I often feel things are the wrong way round as intent there is one type as its an intent sentence. TTS has 2 types, Announcements (No response required) & Questions (Response expected).

Thats it really and there should be a Almond4Rhasspy as much as no Rhasspy4Almond and all that needs to be done is relay the the data and type metadata & zone/room/device metadata.

I have been extremely surprised that the input voice-in isn’t sub divided into voice zones that has its own server so it can be interoperable with many KWS and ASR system changes do not enforce KWS firmware changes.
It should just have a middleware KWS server that can map and translate to many vendor devices to ensure interoperability and length of life.
Its operation is to get the best KW stream, queue and translate vendor KWS to a Vendor ASR and it can accept a zone question and translate to KWS to broadcast the best stream of the last best KW hit without waiting for KW until silence.
That is it as the data and metadata just needs to follow the process pipe of ASR->Intent->Intent service.
On the output again to keep interoperability a server maps and translates to many vendor devices that should have no need to understand Rhasspy protocol so that you also can ensure interoperability and length of life as changes do not affect firmware but purely mapping and translation services to output devices.

We should of had an Almond server ages ago, we should of had a simple data & metadata relay and 2 middleware servers and a whole load of KWS and media systems to choose from.

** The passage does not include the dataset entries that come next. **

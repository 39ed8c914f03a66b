//! The table of the grammar in `VerilogGrammar.antt`: written by `tools/grammar.py`.

use pe_grammar::{Entry, Form};

// The terminals.
pub const MODULE: u16 = 0;

pub const ENDMODULE: u16 = 1;

pub const PARAMETER: u16 = 2;

pub const LOCALPARAM: u16 = 3;

pub const WIRE: u16 = 4;

pub const REG: u16 = 5;

pub const INPUT: u16 = 6;

pub const OUTPUT: u16 = 7;

pub const INOUT: u16 = 8;

pub const ASSIGN: u16 = 9;

pub const ALWAYS: u16 = 10;

pub const POSEDGE: u16 = 11;

pub const NEGEDGE: u16 = 12;

pub const OR: u16 = 13;

pub const BEGIN: u16 = 14;

pub const END: u16 = 15;

pub const IF: u16 = 16;

pub const ELSE: u16 = 17;

pub const CASE: u16 = 18;

pub const CASEZ: u16 = 19;

pub const ENDCASE: u16 = 20;

pub const DEFAULT: u16 = 21;

pub const HASH: u16 = 22;

pub const OPEN: u16 = 23;

pub const CLOSE: u16 = 24;

pub const COMMA: u16 = 25;

pub const SEMI: u16 = 26;

pub const DOT: u16 = 27;

pub const EQUALS: u16 = 28;

pub const LBRACKET: u16 = 29;

pub const RBRACKET: u16 = 30;

pub const COLON: u16 = 31;

pub const AT: u16 = 32;

pub const STAR: u16 = 33;

pub const LBRACE: u16 = 34;

pub const RBRACE: u16 = 35;

pub const QUESTION: u16 = 36;

pub const BANG: u16 = 37;

pub const TILDE: u16 = 38;

pub const AND: u16 = 39;

pub const NAND: u16 = 40;

pub const BAR: u16 = 41;

pub const NOR: u16 = 42;

pub const CARET: u16 = 43;

pub const XNOR: u16 = 44;

pub const PLUS: u16 = 45;

pub const MINUS: u16 = 46;

pub const LEFT: u16 = 47;

pub const RIGHT: u16 = 48;

pub const LESS: u16 = 49;

pub const LESS_EQUAL: u16 = 50;

pub const GREATER: u16 = 51;

pub const GREATER_EQUAL: u16 = 52;

pub const EQUAL: u16 = 53;

pub const NOT_EQUAL: u16 = 54;

pub const AND_AND: u16 = 55;

pub const BAR_BAR: u16 = 56;

pub const NAME: u16 = 57;

pub const NUMBER: u16 = 58;

pub const WILD: u16 = 59;

pub const OTHER: u16 = 60;

// The places.
pub const AT_RTL: u16 = 0;

pub const AT_NETLIST: u16 = 1;

pub const AT_MODULE: u16 = 2;

pub const AT_TOKEN_MODULE: u16 = 134;

pub const AT_MODULE_2: u16 = 135;

pub const AT_MODULE_3: u16 = 136;

pub const AT_MODULE_PART_3: u16 = 137;

pub const AT_TOKEN_ENDMODULE: u16 = 138;

pub const AT_NET_MODULE: u16 = 3;

pub const AT_NET_MODULE_2: u16 = 139;

pub const AT_NET_MODULE_3: u16 = 140;

pub const AT_NET_MODULE_PART_3: u16 = 141;

pub const AT_HEADING: u16 = 4;

pub const AT_TOKEN_NAME: u16 = 142;

pub const AT_HEADING_2: u16 = 143;

pub const AT_HEADING_PART_2: u16 = 144;

pub const AT_HEADING_3: u16 = 146;

pub const AT_HEADING_PART_3: u16 = 147;

pub const AT_TOKEN_SEMI: u16 = 148;

pub const AT_PARAMETER_HEAD: u16 = 5;

pub const AT_TOKEN_HASH: u16 = 149;

pub const AT_PARAMETER_HEAD_2: u16 = 150;

pub const AT_TOKEN_OPEN: u16 = 151;

pub const AT_PARAMETER_HEAD_3: u16 = 152;

pub const AT_TOKEN_CLOSE: u16 = 153;

pub const AT_HEAD_PARAMETERS: u16 = 6;

pub const AT_HEAD_PARAMETERS_PART_2: u16 = 154;

pub const AT_HEAD_PARAMETERS_PART_2_EACH: u16 = 155;

pub const AT_TOKEN_COMMA: u16 = 156;

pub const AT_HEAD_PARAMETER: u16 = 7;

pub const AT_HEAD_PARAMETER_PART_1: u16 = 157;

pub const AT_TOKEN_PARAMETER: u16 = 158;

pub const AT_HEAD_PARAMETER_2: u16 = 159;

pub const AT_HEAD_PARAMETER_PART_2: u16 = 160;

pub const AT_SETTING: u16 = 8;

pub const AT_SETTING_2: u16 = 161;

pub const AT_TOKEN_EQUALS: u16 = 162;

pub const AT_PORT_HEAD: u16 = 9;

pub const AT_PORT_HEAD_2: u16 = 163;

pub const AT_PORT_HEAD_PART_2: u16 = 164;

pub const AT_PORTS: u16 = 10;

pub const AT_NAMES: u16 = 11;

pub const AT_NAMES_PART_2: u16 = 165;

pub const AT_NAMES_PART_2_EACH: u16 = 166;

pub const AT_HEAD_PORTS: u16 = 12;

pub const AT_HEAD_PORTS_PART_2: u16 = 167;

pub const AT_HEAD_PORTS_PART_2_EACH: u16 = 168;

pub const AT_HEAD_PORT: u16 = 13;

pub const AT_PORT: u16 = 14;

pub const AT_PORT_2: u16 = 169;

pub const AT_PORT_PART_2: u16 = 170;

pub const AT_PORT_PART_2_PART_1: u16 = 171;

pub const AT_TOKEN_WIRE: u16 = 172;

pub const AT_TOKEN_REG: u16 = 173;

pub const AT_PORT_3: u16 = 174;

pub const AT_PORT_PART_3: u16 = 160;

pub const AT_DIRECTION: u16 = 15;

pub const AT_TOKEN_INPUT: u16 = 175;

pub const AT_DIRECTION_2: u16 = 176;

pub const AT_TOKEN_OUTPUT: u16 = 177;

pub const AT_TOKEN_INOUT: u16 = 178;

pub const AT_RANGE: u16 = 16;

pub const AT_TOKEN_LBRACKET: u16 = 179;

pub const AT_RANGE_2: u16 = 180;

pub const AT_TOKEN_RBRACKET: u16 = 181;

pub const AT_ITEM: u16 = 17;

pub const AT_ITEM_2: u16 = 182;

pub const AT_ITEM_3: u16 = 183;

pub const AT_REGS: u16 = 18;

pub const AT_REGS_2: u16 = 184;

pub const AT_REGS_PART_2: u16 = 160;

pub const AT_REGS_3: u16 = 185;

pub const AT_PARAMETERS: u16 = 19;

pub const AT_PARAMETERS_PART_1: u16 = 186;

pub const AT_TOKEN_LOCALPARAM: u16 = 187;

pub const AT_PARAMETERS_2: u16 = 188;

pub const AT_PARAMETERS_PART_2: u16 = 160;

pub const AT_PARAMETERS_3: u16 = 189;

pub const AT_SETTINGS: u16 = 20;

pub const AT_SETTINGS_PART_2: u16 = 190;

pub const AT_SETTINGS_PART_2_EACH: u16 = 191;

pub const AT_PORT_ITEM: u16 = 21;

pub const AT_PORT_ITEM_2: u16 = 192;

pub const AT_PORT_ITEM_PART_2: u16 = 165;

pub const AT_PORT_ITEM_PART_2_EACH: u16 = 166;

pub const AT_PARAMETER_PINS: u16 = 22;

pub const AT_PARAMETER_PINS_2: u16 = 193;

pub const AT_PARAMETER_PINS_3: u16 = 194;

pub const AT_ALWAYS: u16 = 23;

pub const AT_TOKEN_ALWAYS: u16 = 195;

pub const AT_ALWAYS_2: u16 = 196;

pub const AT_TOKEN_AT: u16 = 197;

pub const AT_ALWAYS_3: u16 = 198;

pub const AT_EVENTS: u16 = 24;

pub const AT_TOKEN_STAR: u16 = 199;

pub const AT_EVENTS_PART_2: u16 = 200;

pub const AT_EVENTS_PART_2_2: u16 = 201;

pub const AT_LISTENED: u16 = 25;

pub const AT_EVENT_LIST: u16 = 26;

pub const AT_EVENT_LIST_PART_2: u16 = 202;

pub const AT_EVENT_LIST_PART_2_EACH: u16 = 203;

pub const AT_EVENT_LIST_PART_2_EACH_PART_1: u16 = 204;

pub const AT_TOKEN_OR: u16 = 205;

pub const AT_EVENT: u16 = 27;

pub const AT_EVENT_PART_1: u16 = 206;

pub const AT_EVENT_PART_1_PART_1: u16 = 207;

pub const AT_TOKEN_POSEDGE: u16 = 208;

pub const AT_TOKEN_NEGEDGE: u16 = 209;

pub const AT_STATEMENT: u16 = 28;

pub const AT_STATEMENT_2: u16 = 210;

pub const AT_STATEMENT_3: u16 = 211;

pub const AT_STATEMENT_4: u16 = 212;

pub const AT_STATEMENT_5: u16 = 213;

pub const AT_BLOCK: u16 = 29;

pub const AT_TOKEN_BEGIN: u16 = 214;

pub const AT_BLOCK_2: u16 = 215;

pub const AT_BLOCK_PART_2: u16 = 216;

pub const AT_BLOCK_PART_2_PART_1: u16 = 217;

pub const AT_TOKEN_COLON: u16 = 218;

pub const AT_BLOCK_3: u16 = 219;

pub const AT_BLOCK_PART_3: u16 = 220;

pub const AT_TOKEN_END: u16 = 221;

pub const AT_TEST: u16 = 30;

pub const AT_TOKEN_IF: u16 = 222;

pub const AT_TEST_2: u16 = 223;

pub const AT_TEST_3: u16 = 224;

pub const AT_OTHERWISE: u16 = 31;

pub const AT_CASES: u16 = 32;

pub const AT_TOKEN_CASE: u16 = 225;

pub const AT_CASES_2: u16 = 226;

pub const AT_CASES_3: u16 = 227;

pub const AT_TOKEN_ENDCASE: u16 = 228;

pub const AT_ARMS: u16 = 33;

pub const AT_ARMS_PART_2: u16 = 229;

pub const AT_ARM: u16 = 34;

pub const AT_LABELLED: u16 = 35;

pub const AT_LABELLED_2: u16 = 230;

pub const AT_DEFAULT: u16 = 36;

pub const AT_TOKEN_DEFAULT: u16 = 231;

pub const AT_DEFAULT_2: u16 = 232;

pub const AT_DEFAULT_PART_2: u16 = 233;

pub const AT_WILD_CASES: u16 = 37;

pub const AT_TOKEN_CASEZ: u16 = 234;

pub const AT_WILD_CASES_2: u16 = 235;

pub const AT_WILD_CASES_3: u16 = 236;

pub const AT_WILD_ARMS: u16 = 38;

pub const AT_WILD_ARMS_PART_2: u16 = 237;

pub const AT_WILD_ARM: u16 = 39;

pub const AT_WILD_LABELLED: u16 = 40;

pub const AT_WILD_LABELLED_2: u16 = 230;

pub const AT_ASSIGNMENT: u16 = 41;

pub const AT_ASSIGNMENT_2: u16 = 238;

pub const AT_ASSIGNMENT_PART_2: u16 = 239;

pub const AT_TOKEN_LESS_EQUAL: u16 = 240;

pub const AT_ASSIGNMENT_3: u16 = 241;

pub const AT_TARGET: u16 = 42;

pub const AT_TARGET_JOIN: u16 = 43;

pub const AT_TOKEN_LBRACE: u16 = 242;

pub const AT_TARGET_JOIN_2: u16 = 243;

pub const AT_TOKEN_RBRACE: u16 = 244;

pub const AT_TARGETS: u16 = 44;

pub const AT_TARGETS_PART_2: u16 = 245;

pub const AT_TARGETS_PART_2_EACH: u16 = 246;

pub const AT_NAMED_TARGET: u16 = 45;

pub const AT_NAMED_TARGET_PART_2: u16 = 247;

pub const AT_SIGN: u16 = 46;

pub const AT_TOKEN_BANG: u16 = 248;

pub const AT_SIGN_2: u16 = 249;

pub const AT_TOKEN_TILDE: u16 = 250;

pub const AT_SIGN_3: u16 = 251;

pub const AT_TOKEN_AND: u16 = 252;

pub const AT_SIGN_4: u16 = 253;

pub const AT_TOKEN_NAND: u16 = 254;

pub const AT_SIGN_5: u16 = 255;

pub const AT_TOKEN_BAR: u16 = 256;

pub const AT_SIGN_6: u16 = 257;

pub const AT_TOKEN_NOR: u16 = 258;

pub const AT_SIGN_7: u16 = 259;

pub const AT_TOKEN_CARET: u16 = 260;

pub const AT_TOKEN_XNOR: u16 = 261;

pub const AT_EX: u16 = 47;

pub const AT_EX_PART_2: u16 = 262;

pub const AT_EX_PART_2_PART_1: u16 = 263;

pub const AT_TOKEN_QUESTION: u16 = 264;

pub const AT_ANY: u16 = 48;

pub const AT_ANY_PART_2: u16 = 265;

pub const AT_ANY_PART_2_EACH: u16 = 266;

pub const AT_TOKEN_BAR_BAR: u16 = 267;

pub const AT_ALL: u16 = 49;

pub const AT_ALL_PART_2: u16 = 268;

pub const AT_ALL_PART_2_EACH: u16 = 269;

pub const AT_TOKEN_AND_AND: u16 = 270;

pub const AT_UNION: u16 = 50;

pub const AT_UNION_PART_2: u16 = 271;

pub const AT_UNION_PART_2_EACH: u16 = 272;

pub const AT_DIFFERENCE: u16 = 51;

pub const AT_DIFFERENCE_PART_2: u16 = 273;

pub const AT_DIFFERENCE_PART_2_EACH: u16 = 274;

pub const AT_DIFFERENCE_PART_2_EACH_PART_1: u16 = 259;

pub const AT_PRODUCT: u16 = 52;

pub const AT_PRODUCT_PART_2: u16 = 275;

pub const AT_PRODUCT_PART_2_EACH: u16 = 276;

pub const AT_EQUALITY: u16 = 53;

pub const AT_EQUALITY_PART_2: u16 = 277;

pub const AT_EQUALITY_PART_2_EACH: u16 = 278;

pub const AT_EQUALITY_PART_2_EACH_PART_1: u16 = 279;

pub const AT_TOKEN_EQUAL: u16 = 280;

pub const AT_TOKEN_NOT_EQUAL: u16 = 281;

pub const AT_ORDER: u16 = 54;

pub const AT_ORDER_PART_2: u16 = 282;

pub const AT_ORDER_PART_2_EACH: u16 = 283;

pub const AT_ORDER_PART_2_EACH_PART_1: u16 = 284;

pub const AT_TOKEN_LESS: u16 = 285;

pub const AT_ORDER_PART_2_EACH_PART_1_2: u16 = 286;

pub const AT_ORDER_PART_2_EACH_PART_1_3: u16 = 287;

pub const AT_TOKEN_GREATER: u16 = 288;

pub const AT_TOKEN_GREATER_EQUAL: u16 = 289;

pub const AT_SHIFT: u16 = 55;

pub const AT_SHIFT_PART_2: u16 = 290;

pub const AT_SHIFT_PART_2_EACH: u16 = 291;

pub const AT_SHIFT_PART_2_EACH_PART_1: u16 = 292;

pub const AT_TOKEN_LEFT: u16 = 293;

pub const AT_TOKEN_RIGHT: u16 = 294;

pub const AT_SUM: u16 = 56;

pub const AT_SUM_PART_2: u16 = 295;

pub const AT_SUM_PART_2_EACH: u16 = 296;

pub const AT_SUM_PART_2_EACH_PART_1: u16 = 297;

pub const AT_TOKEN_PLUS: u16 = 298;

pub const AT_TOKEN_MINUS: u16 = 299;

pub const AT_UNARY: u16 = 57;

pub const AT_UNARY_PART_1: u16 = 300;

pub const AT_PRIMARY: u16 = 58;

pub const AT_PRIMARY_2: u16 = 301;

pub const AT_GROUP: u16 = 59;

pub const AT_GROUP_2: u16 = 302;

pub const AT_BRACES: u16 = 60;

pub const AT_BRACES_2: u16 = 303;

pub const AT_BRACES_3: u16 = 304;

pub const AT_BRACES_PART_3: u16 = 305;

pub const AT_BRACES_PART_3_PART_1: u16 = 306;

pub const AT_BRACES_PART_3_PART_1_EACH: u16 = 307;

pub const AT_INNER: u16 = 61;

pub const AT_INNER_2: u16 = 308;

pub const AT_LIST: u16 = 62;

pub const AT_LIST_PART_2: u16 = 306;

pub const AT_LIST_PART_2_EACH: u16 = 307;

pub const AT_SIDES: u16 = 63;

pub const AT_SIDES_2: u16 = 309;

pub const AT_SELECT: u16 = 64;

pub const AT_SELECT_2: u16 = 310;

pub const AT_SELECT_3: u16 = 311;

pub const AT_SELECT_PART_3: u16 = 312;

pub const AT_SELECT_PART_3_PART_1: u16 = 309;

pub const AT_OPERAND: u16 = 65;

pub const AT_TOKEN_NUMBER: u16 = 313;

pub const AT_OPERAND_PART_2: u16 = 314;

pub const AT_OPERAND_PART_2_PART_2: u16 = 247;

pub const AT_LABEL_EX: u16 = 66;

pub const AT_LABEL_EX_PART_2: u16 = 315;

pub const AT_LABEL_EX_PART_2_PART_1: u16 = 316;

pub const AT_LABEL_ANY: u16 = 67;

pub const AT_LABEL_ANY_PART_2: u16 = 317;

pub const AT_LABEL_ANY_PART_2_EACH: u16 = 318;

pub const AT_LABEL_ALL: u16 = 68;

pub const AT_LABEL_ALL_PART_2: u16 = 319;

pub const AT_LABEL_ALL_PART_2_EACH: u16 = 320;

pub const AT_LABEL_UNION: u16 = 69;

pub const AT_LABEL_UNION_PART_2: u16 = 321;

pub const AT_LABEL_UNION_PART_2_EACH: u16 = 322;

pub const AT_LABEL_DIFFERENCE: u16 = 70;

pub const AT_LABEL_DIFFERENCE_PART_2: u16 = 323;

pub const AT_LABEL_DIFFERENCE_PART_2_EACH: u16 = 324;

pub const AT_LABEL_DIFFERENCE_PART_2_EACH_PART_1: u16 = 259;

pub const AT_LABEL_PRODUCT: u16 = 71;

pub const AT_LABEL_PRODUCT_PART_2: u16 = 325;

pub const AT_LABEL_PRODUCT_PART_2_EACH: u16 = 326;

pub const AT_LABEL_EQUALITY: u16 = 72;

pub const AT_LABEL_EQUALITY_PART_2: u16 = 327;

pub const AT_LABEL_EQUALITY_PART_2_EACH: u16 = 328;

pub const AT_LABEL_EQUALITY_PART_2_EACH_PART_1: u16 = 279;

pub const AT_LABEL_ORDER: u16 = 73;

pub const AT_LABEL_ORDER_PART_2: u16 = 329;

pub const AT_LABEL_ORDER_PART_2_EACH: u16 = 330;

pub const AT_LABEL_ORDER_PART_2_EACH_PART_1: u16 = 284;

pub const AT_LABEL_ORDER_PART_2_EACH_PART_1_2: u16 = 286;

pub const AT_LABEL_ORDER_PART_2_EACH_PART_1_3: u16 = 287;

pub const AT_LABEL_SHIFT: u16 = 74;

pub const AT_LABEL_SHIFT_PART_2: u16 = 331;

pub const AT_LABEL_SHIFT_PART_2_EACH: u16 = 332;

Bemused as ever but Almond would be a great addition if things where not so complex and strangely so.
@synesthesiam

From what I learned of Almond when Home Assistant went all-in on it, it’s online only. You couldn’t (at the time anyway) run your own instance, and you depended on Stanford to add new sentences and skills.

The underlying tech is very impressive – natural language translated into an actual program (technically a complex event processor). But I’m not going to bother with something that requires an Internet connection; you may have noticed that services like the Google STT are contributed by interested Rhasspy users.

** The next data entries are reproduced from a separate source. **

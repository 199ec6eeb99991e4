// What the wheel's head and an advance have by value, beside the slices that are lent.

ghost use Rattle.std.specs.Prelude.{◌≡◌};

use cells::store::Store;
use slots::ring::Ends;

// The numbers of a wheel's head: the clock, the due list's ends, and the cell store's head.
#[derive(Clone, Copy)]
pub struct Dial {
    pub clock: u64,
    pub due: Ends,
    pub store: Store,
}

// The numbers of the head as far as an advance has come, the records in the output, and the moves made.
#[derive(Clone, Copy)]
pub struct Turn {
    pub dial: Dial,
    pub fired: u64,
    pub moves: u64,
}

// The target is reached, or more is due than there is room for.
#[derive(Clone, Copy, PartialEq, Eq)]
pub enum HowEnded {
    Done,
    More,
}

// No ending: the turns go on or, where all are over, the memory is no wheel's and they ran out.
#[derive(Clone, Copy)]
pub struct TurnsEnded {
    pub turn: Turn,
    pub ending: Option<HowEnded>,
}

// The turn at another clock.
pub fn at_clock(t: Turn, clock: u64) -> Turn
    ensures { result
        ≡ record { dial = record { clock = clock; due = t.dial.due; store = t.dial.store }; fired = t.fired; moves = t.moves } }
{
    Turn {
        dial: Dial { clock, ..t.dial },
        ..t
    }
}
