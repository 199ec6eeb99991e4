// The dial: what happens to a wheel's lists as the clock turns.
#![tactic(auto)]

pub mod firing;
pub mod lists;
pub mod state;
pub mod turns;
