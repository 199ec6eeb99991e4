// What is due is handed out: a record of four words for each entry, behind those before it, and its cell is freed.

ghost use Rattle.std.specs.Prelude.{ℕ, ◌/◌, ◌≤◌, ◌<◌, List, ◌∷◌, ◌≡◌, length, drop};
ghost use Rattle.cells.specs.Words.{word};
ghost use Rattle.dial.specs.Turns.{recorded, fire as fire_of};
ghost use Rattle.dial.specs.Lent.{state_of, handed_out};

use crate::state::{Dial, Turn};
use cells::words::get;
use slots::ring::leave;

// Writes a record at the start of what is left of the output.
fn fill_record(rest: &mut [u64], c: u64, k: u64, e: u64, x: u64)
    requires { 4 ≤ length rest.old }
    ensures { rest.new ≡ c ∷ k ∷ e ∷ x ∷ drop 4 rest.old }
{
    rest[..4].copy_from_slice(&[c, k, e, x]);
}

// Writes the record of the entry in cell c behind n records.
fn add_record(w: &[u64], out: &mut [u64], n: u64, c: u64)
    requires { n < length out.old / 4 }
    ensures { out.new
        ≡ recorded out.old n c (word w.now c 0) (word w.now c 2) (word w.now c 3) }
{
    let k = get(w, c, 0);
    let e = get(w, c, 2);
    let x = get(w, c, 3);
    fill_record(&mut out[(n * 4) as usize..], c, k, e, x);
}

// The first of the due list is handed out and freed.
#[tactic(auto, unfolding(crate::specs::Turns::fire, crate::specs::Turns::with_words, slots::specs::Rings::leave_due, slots::specs::Rings::with_due))]
fn fire(w: &mut [u64], out: &mut [u64], t: Turn) -> Turn
    requires { t.fired < length out.old / 4 }
    ensures { (first last marks : List ℕ) → state_of w.new first last marks out.new result
        ≡ fire_of (state_of w.old first last marks out.old t) }
{
    let c = t.dial.due.first;
    add_record(w, out, t.fired, c);
    let due = leave(w, t.dial.due, c);
    let mut store = t.dial.store;
    store.release(w, c);
    Turn {
        dial: Dial {
            due,
            store,
            ..t.dial
        },
        fired: t.fired + 1,
        ..t
    }
}

// All that is due is handed out, as far as there is room. No range: what is counted are the records, and `fire` counts them.
pub fn hand_out(w: &mut [u64], out: &mut [u64], t: Turn) -> Turn
    ensures { (first last marks : List ℕ) → state_of w.new first last marks out.new result
        ≡ handed_out (state_of w.old first last marks out.old t) }
{
    let room = (out.len() / 4) as u64;
    let mut turn = t;
    while turn.fired < room && turn.dial.due.first != 4096 {
        turn = fire(w, out, turn);
    }
    turn
}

I’m actually surprised you (@rolyan_trauts) like Almond. It smacks of the whole “shove everything into one big pre-trained thingy that is supposed to fit everyone”. You always seemed like more of a “keep it simple” and “train it locally” kind of guy to me.

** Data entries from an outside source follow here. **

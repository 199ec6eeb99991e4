// A wheel's lists by number: 384 slots, level by level, and the due list as number 384. No enum: `list_of`, `join_at` and `Stand` of the
// specs count them.

ghost use Rattle.std.specs.Prelude.{◌≡◌};
ghost use Rattle.slots.specs.Stand.{join_at, leave_at};
ghost use Rattle.slots.specs.Held.{same_slices};
ghost use Rattle.dial.specs.Turns.{list_of};
ghost use Rattle.dial.specs.Lent.{lists_in};

use places::{level, slot};
use slots::ring::{Ends, join, leave};
use slots::slots::Lists;

// The number of the list in which an entry stands.
pub fn list_of(clock: u64, deadline: u64) -> u64
    ensures { result ≡ list_of clock deadline }
{
    if deadline == clock {
        return 384;
    }
    let p = level(clock, deadline);
    p * 64 + slot(deadline, p)
}

// Cell c joins list i at the tail, and says the ends of the due list then.
pub fn join_at(lists: &mut Lists, due: Ends, i: u64, c: u64) -> Ends
    ensures slices { same_slices lists.old lists.new }
    ensures lists { lists_in lists.new result ≡ join_at (lists_in lists.old due) i c }
{
    if i == 384 {
        return join(lists.words, due, c);
    }
    lists.join_slot(i, c);
    due
}

// Cell c leaves list i, and says the ends of the due list then. With `join_at` it shares the frame alone: a step that is handed in would need
// the contract of both.
pub fn leave_at(lists: &mut Lists, due: Ends, i: u64, c: u64) -> Ends
    ensures slices { same_slices lists.old lists.new }
    ensures lists { lists_in lists.new result ≡ leave_at (lists_in lists.old due) i c }
{
    if i == 384 {
        return leave(lists.words, due, c);
    }
    lists.leave_slot(i, c);
    due
}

Yeah Almond is cool for an example and the example above is how simple it could be to add complex services.
Why is it so hard and complex to do so is because its all-in-one and not partitioned into dependency free network layers.

That “home server” just forwards things to a cloud server: https://github.com/stanford-oval/almond-server/blob/982f85e708df99f9afbf23a77ec53ab8a1497371/main.js#L47

Almond could be easily added to Rhasspy. Catch one MQTT message (asr/textCaptured) and produce one other (nlu/intent).

Not from what User support says as it can run a home assistant service locally but as its says you need to cordan off.

Almond could be easily added to Rhasspy. Catch one MQTT message (asr/textCaptured ) and produce one other (nlu/intent ).

Exactly and I quite like a lot of software https://spacy.io/ being another and the above main question why is it so hard to be interoperable with other services?
Hence middleware to map and translate as its about choice?

So yeah, from that forum topic it basically can’t doing anything offline. It’s impressive work, but I’ll wait for the redux where they realize they can do the same thing with a 10x smaller network. Google just put out a paper where they replaced self-attention in an NLP network with a Fourier transform and get almost the same accuracy.

I’m all about choice, which is why I still support Rhasspy services like Google STT/TTS that I wouldn’t personally use.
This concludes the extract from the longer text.